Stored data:

——

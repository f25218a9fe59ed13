//! What agents do, and what they gathered of suites.

ghost use Rattle.std.specs.Prelude.{◌≡◌, ◌++◌, OnOk, Some, codes};
ghost use Rattle.std.specs.List.{flat_map};
ghost use Rattle.std.specs.Option.{option_copied};
ghost use Rattle.event_json.specs.Agents.{first_text, held_letter, held_letters, held_text, known_text, newest_text, stage_word, suite_text, suites_text, told_text};
ghost use Rattle.event_json.specs.Strings.{listed};

use crate::copies::push_votes_member;
use crate::locks::mode_word;
use crate::strings::{push_member, truth};
use std::alloc::AllocError;
use suite_collect::ReadPoint;
use suite_prefix::SharedPrefix;
use txn_core::{GatheredSuite, Stage};

/// How far a job is, in a word.
pub fn stage_word(stage: Stage) -> &'static [u8]
    ensures { result.now ≡ stage_word stage }
{
    match stage {
        Stage::Idle => b"idle",
        Stage::Gathering => b"gathering",
        Stage::Fetching => b"fetching",
        Stage::Widening => b"widening",
        Stage::Preparing => b"preparing",
        Stage::Deciding => b"deciding",
        Stage::Finishing => b"finishing",
        Stage::Listing => b"listing",
        Stage::Resolving => b"resolving",
        Stage::Telling => b"telling",
        Stage::Breaking => b"breaking",
    }
}

/// What was gathered of suites, in a service of so many servers.
pub fn push_gathered(
    text: &mut Vec<u8>,
    suites: &[(u64, GatheredSuite)],
    servers: u8,
) -> Result<(), AllocError>
    ensures { OnOk result (text.new.items ≡ text.old.items ++ suites_text servers suites.now) }
{
    text.extend_from_slice(b"[")?;
    push_suites(text, suites, servers)?;
    text.extend_from_slice(b"]")
}

fn push_suites(
    text: &mut Vec<u8>,
    suites: &[(u64, GatheredSuite)],
    servers: u8,
) -> Result<(), AllocError>
    ensures { OnOk result (text.new.items ≡ text.old.items ++ listed (suite_text servers) suites.now) }
{
    let [first, more @ ..] = suites else {
        return Ok(());
    };
    push_suite(text, first, servers)?;
    push_more_suites(text, more, servers)
}

fn push_more_suites(
    text: &mut Vec<u8>,
    suites: &[(u64, GatheredSuite)],
    servers: u8,
) -> Result<(), AllocError>
    ensures { OnOk result (text.new.items ≡ text.old.items ++ flat_map (λ next. codes "," ++ suite_text servers next) suites.now) }
{
    for suite in suites {
        text.extend_from_slice(b",")?;
        push_suite(text, suite, servers)?;
    }
    Ok(())
}

fn push_suite(
    text: &mut Vec<u8>,
    suite: &(u64, GatheredSuite),
    servers: u8,
) -> Result<(), AllocError>
    ensures { OnOk result (text.new.items ≡ text.old.items ++ suite_text servers suite.now) }
{
    push_member(text, b"{\"suite\":", suite.0)?;
    push_told(text, &suite.1, servers)?;
    push_known(text, &suite.1)
}

/// What servers told of a suite.
fn push_told(text: &mut Vec<u8>, suite: &GatheredSuite, servers: u8) -> Result<(), AllocError>
    ensures { OnOk result (text.new.items ≡ text.old.items ++ told_text suite.now servers) }
{
    text.extend_from_slice(mode_word(suite.mode()))?;
    push_newest(text, suite.newest())?;
    push_held(text, suite, servers)
}

/// The version of a prefix, and its votes.
fn push_newest(text: &mut Vec<u8>, prefix: &SharedPrefix) -> Result<(), AllocError>
    ensures { OnOk result (text.new.items ≡ text.old.items ++ newest_text prefix.now) }
{
    push_member(text, b",\"newest\":", prefix.pver)?;
    push_votes_member(text, &prefix.votes)
}

/// Which locks servers hold.
fn push_held(text: &mut Vec<u8>, suite: &GatheredSuite, servers: u8) -> Result<(), AllocError>
    ensures { OnOk result (text.new.items ≡ text.old.items ++ held_text suite.now servers) }
{
    text.extend_from_slice(b",\"held\":\"")?;
    push_letters(text, suite, servers)?;
    text.extend_from_slice(b"\"")
}

fn push_letters(text: &mut Vec<u8>, suite: &GatheredSuite, servers: u8) -> Result<(), AllocError>
    ensures { OnOk result (text.new.items ≡ text.old.items ++ held_letters suite.now servers) }
{
    for server in 0..servers {
        text.extend_from_slice(held_letter(suite, server))?;
    }
    Ok(())
}

/// Which lock a server holds.
fn held_letter(suite: &GatheredSuite, server: u8) -> &'static [u8]
    ensures { result.now ≡ held_letter suite.now server }
{
    if suite.holds_exclusively(server) {
        b"x"
    } else if suite.holds_lock(server) {
        b"s"
    } else {
        b"-"
    }
}

/// What is known of a suite.
fn push_known(text: &mut Vec<u8>, suite: &GatheredSuite) -> Result<(), AllocError>
    ensures { OnOk result (text.new.items ≡ text.old.items ++ known_text suite.now) }
{
    push_first(text, suite.first())?;
    text.extend_from_slice(b",\"open\":")?;
    text.extend_from_slice(truth(suite.is_open()))?;
    text.extend_from_slice(b"}")
}

/// What a first quorum gave, where there was one.
fn push_first(text: &mut Vec<u8>, first: Option<&ReadPoint>) -> Result<(), AllocError>
    ensures { OnOk result (text.new.items ≡ text.old.items ++ first_text (option_copied first.entry)) }
{
    match first {
        Some(point) => push_point(text, point),
        None => Ok(()),
    }
}

fn push_point(text: &mut Vec<u8>, point: &ReadPoint) -> Result<(), AllocError>
    ensures { OnOk result (text.new.items ≡ text.old.items ++ first_text (Some point.now)) }
{
    push_member(text, b",\"prefix\":", point.prefix.pver)?;
    push_member(text, b",\"content\":", point.dver)?;
    push_member(text, b",\"source\":", u64::from(point.source))
}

——

TASK DIRECTIONS: Using the entries shown above, reproduce verbatim the lines from the line bearing "and its votes." to the line bearing "fn push_letters(text: &mut", inclusive.

ANSWER SECTION:
/// The version of a prefix, and its votes.
fn push_newest(text: &mut Vec<u8>, prefix: &SharedPrefix) -> Result<(), AllocError>
    ensures { OnOk result (text.new.items ≡ text.old.items ++ newest_text prefix.now) }
{
    push_member(text, b",\"newest\":", prefix.pver)?;
    push_votes_member(text, &prefix.votes)
}

/// Which locks servers hold.
fn push_held(text: &mut Vec<u8>, suite: &GatheredSuite, servers: u8) -> Result<(), AllocError>
    ensures { OnOk result (text.new.items ≡ text.old.items ++ held_text suite.now servers) }
{
    text.extend_from_slice(b",\"held\":\"")?;
    push_letters(text, suite, servers)?;
    text.extend_from_slice(b"\"")
}

fn push_letters(text: &mut Vec<u8>, suite: &GatheredSuite, servers: u8) -> Result<(), AllocError>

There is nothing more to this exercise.